Pro-Maske oder Anti-Maske? Ihre moralischen Überzeugungen sagen wahrscheinlich Ihre Haltung voraus

Pro-Maske oder Anti-Maske? Ihre moralischen Überzeugungen sagen wahrscheinlich Ihre Haltung voraus
Moralischer Kampf: Tragen Sie eine Gesichtsmaske, um zu zeigen, dass Sie sich um andere kümmern? Oder lehnen Sie ab, weil Sie glauben, dass sie der menschlichen Natur trotzen?
Justin Tallis / AFP über Getty Images

Regierungen auf der ganzen Welt haben empfohlen oder beauftragt verschiedene Verhaltensweisen, um die Ausbreitung von COVID-19 zu verlangsamen. Dazu gehören zu Hause bleiben, Gesichtsmasken tragen und soziale Distanzierung üben.

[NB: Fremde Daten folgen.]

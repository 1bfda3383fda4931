//! The buffer that replies show bytes in.

ghost use Rattle.std.specs.Prelude.{◌≡◌, ◌≤◌, ◌+◌, ◌-◌, ◌++◌, [], IfOk, IfSome, IsTrue, drop, length, replicate, vec_capacity, vec_len};
ghost use Rattle.session_local.specs.Answer.{Bytes, answered_by, shown_by};
ghost use Rattle.session_local.specs.declared.reply.Value.TheVariants as value;
ghost use Rattle.session_local.specs.Showing.{names_within, value_answered};

use crate::reply::{Reply, Value};
use crate::retrieved_value::{RetrievedValue, show_front};
use jet_base::OutOfMemory;
use std::alloc::Global;
use std::marker::Model;

/// How many bytes the buffer has room for: as many as the largest value.
const ROOM: usize = 1_048_576;

/// A buffer with room for the bytes of every reply. It has as many bytes as the replies so far may have shown, and no more
/// of its room was written.
///
/// Contracts see its bytes.
#[derive(Debug, Drop)]
pub(crate) struct ReplyBuffer {
    bytes: Vec<u8>,
}

impl Model for ReplyBuffer {
    ghost use Rattle.std.specs.Prelude.{List, ℕ};

    ghost Value = { List ℕ };

    ghost use Rattle.session_local.specs.Holding.{HasItsRoom};

    ghost view = { λ a. a.bytes.items };

    ghost invariant = { HasItsRoom };
}

impl ReplyBuffer {
    /// An empty buffer, with its room.
    pub(crate) fn take(alloc: Global) -> Result<ReplyBuffer, OutOfMemory>
        ensures { IfOk result (λ taken. taken ≡ []) }
    {
        let bytes = Vec::with_capacity(alloc, ROOM)?;
        Ok(ReplyBuffer { bytes })
    }

    /// Its bytes.
    pub(crate) fn as_bytes(&self) -> &[u8]
        ensures bytes { result.now ≡ self.now }
        ensures short { length self.now ≤ 1048576 }
    {
        self.bytes.as_slice()
    }

    /// Writes these bytes to the front: the value that shows them, as a front of one of so many.
    pub(crate) fn show(&mut self, front: &[u8], whole: u64) -> Value
        requires { length front.now ≤ 1048576 }
        ensures shown { shown_by result self.new ≡ Bytes front.now whole }
        ensures named { IsTrue (names_within result (length self.new)) }
        ensures value { result ≡ value.Bytes (length front.now) whole }
    {
        lengthen(&mut self.bytes, front.len());
        write_front(&mut self.bytes, front);
        Value::Bytes(front.len(), whole)
    }

    /// Reads the first bytes of a value, up to the most that was asked for, to the front.
    pub(crate) fn show_value<V: RetrievedValue>(&mut self, value: &V, most: u32) -> Reply
        requires { IfSome (V.bytes value.now) (λ bytes. length bytes ≤ 1048576) }
        ensures shown { answered_by result self.new ≡ value_answered most (V.bytes value.now) }
        ensures named { IsTrue (names_within result.value (length self.new)) }
    {
        let most = most as usize;
        lengthen(&mut self.bytes, most.min(ROOM));
        show_front(&mut self.bytes, value, most)
    }
}

// Makes the bytes so many, unless they are more, within their room: zeros come behind them.
#[inline]
fn lengthen(bytes: &mut Vec<u8>, count: usize)
    requires { count ≤ vec_capacity bytes.old }
    ensures items { bytes.new.items ≡ bytes.old.items ++ replicate (count - vec_len bytes.old) 0 }
    ensures len { vec_len bytes.new ≡ vec_len bytes.old + (count - vec_len bytes.old) }
    ensures capacity { vec_capacity bytes.old ≤ vec_capacity bytes.new }
{
    if bytes.len() < count {
        match bytes.resize(count, 0) {
            Ok(()) => {}
            Err(_) => unreachable!(),
        }
    }
}

// Writes the piece over the first bytes.
fn write_front(bytes: &mut [u8], piece: &[u8])
    requires { length piece.now ≤ length bytes.old }
    ensures { bytes.new ≡ piece.now ++ drop (length piece.now) bytes.old }
{
    let (front, _) = bytes.split_at_mut(piece.len());
    front.copy_from_slice(piece);
}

Doch Einzelpersonen weiterhin Missachtung dieser Empfehlungen und Ignorieren Sie explizite Regeln zum Tragen von Gesichtsmasken. In dem US, Vereinigtes Königreich und AustralienMenschenmengen haben sich eng versammelt, um gegen Sperren zu protestieren.

All dies wirft die Frage auf: Warum halten sich die Menschen nicht an die Regeln, die nicht nur ihre eigene Gesundheit, sondern auch die Gesundheit ihrer Gemeinde und Nation schützen? Und wie können politische Entscheidungsträger und Beamte des öffentlichen Gesundheitswesens bessere Botschaften entwerfen, um die Akzeptanz zu fördern?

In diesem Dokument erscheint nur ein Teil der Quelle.